(Work request) Number of lines with the string "GoesOn" in the entries below: report it, and nothing besides.

[Saved data entries]
------------------------------------------------------------
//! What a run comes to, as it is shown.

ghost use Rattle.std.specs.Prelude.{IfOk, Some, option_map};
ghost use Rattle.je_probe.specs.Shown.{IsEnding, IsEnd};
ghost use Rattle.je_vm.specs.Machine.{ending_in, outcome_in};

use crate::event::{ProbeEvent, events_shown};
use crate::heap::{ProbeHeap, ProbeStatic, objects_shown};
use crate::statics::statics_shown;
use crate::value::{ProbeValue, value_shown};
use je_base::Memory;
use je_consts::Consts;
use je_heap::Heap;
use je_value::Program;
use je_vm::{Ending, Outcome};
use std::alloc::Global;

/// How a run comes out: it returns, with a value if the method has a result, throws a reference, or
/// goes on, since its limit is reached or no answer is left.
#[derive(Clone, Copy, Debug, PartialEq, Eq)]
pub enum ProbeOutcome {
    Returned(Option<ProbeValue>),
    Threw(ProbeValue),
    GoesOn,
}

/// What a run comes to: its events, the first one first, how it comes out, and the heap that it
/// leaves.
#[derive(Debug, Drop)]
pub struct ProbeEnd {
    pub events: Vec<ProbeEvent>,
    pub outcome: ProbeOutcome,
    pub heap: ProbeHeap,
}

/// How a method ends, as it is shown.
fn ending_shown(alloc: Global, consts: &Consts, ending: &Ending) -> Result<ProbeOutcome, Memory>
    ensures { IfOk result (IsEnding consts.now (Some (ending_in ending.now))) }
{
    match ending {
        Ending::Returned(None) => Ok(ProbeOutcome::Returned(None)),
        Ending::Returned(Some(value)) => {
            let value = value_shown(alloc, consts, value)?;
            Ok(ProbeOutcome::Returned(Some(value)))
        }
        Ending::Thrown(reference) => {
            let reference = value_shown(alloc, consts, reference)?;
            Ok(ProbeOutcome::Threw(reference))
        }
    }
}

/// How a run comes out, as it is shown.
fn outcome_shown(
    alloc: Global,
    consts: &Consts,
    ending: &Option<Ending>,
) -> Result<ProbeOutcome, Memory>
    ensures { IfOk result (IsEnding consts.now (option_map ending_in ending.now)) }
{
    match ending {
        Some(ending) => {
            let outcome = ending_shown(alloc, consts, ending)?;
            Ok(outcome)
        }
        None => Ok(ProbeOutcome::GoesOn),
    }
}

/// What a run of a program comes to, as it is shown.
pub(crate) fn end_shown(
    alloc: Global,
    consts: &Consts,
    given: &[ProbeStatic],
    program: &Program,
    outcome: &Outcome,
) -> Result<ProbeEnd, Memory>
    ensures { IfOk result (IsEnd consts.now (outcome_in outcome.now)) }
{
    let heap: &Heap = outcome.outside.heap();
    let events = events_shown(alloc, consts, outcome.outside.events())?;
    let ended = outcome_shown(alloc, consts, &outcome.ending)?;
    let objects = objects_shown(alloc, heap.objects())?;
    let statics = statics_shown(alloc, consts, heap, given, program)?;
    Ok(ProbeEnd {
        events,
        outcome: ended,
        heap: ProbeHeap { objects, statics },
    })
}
------------------------------------------------------------
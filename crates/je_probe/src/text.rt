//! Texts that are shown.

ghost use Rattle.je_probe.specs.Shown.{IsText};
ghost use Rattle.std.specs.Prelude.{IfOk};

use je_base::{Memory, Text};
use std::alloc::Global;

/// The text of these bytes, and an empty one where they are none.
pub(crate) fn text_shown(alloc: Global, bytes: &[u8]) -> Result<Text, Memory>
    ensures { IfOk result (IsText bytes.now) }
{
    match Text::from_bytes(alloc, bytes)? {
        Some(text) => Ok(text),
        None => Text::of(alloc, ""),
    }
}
------------------------------------------------------------
(Answer space) 2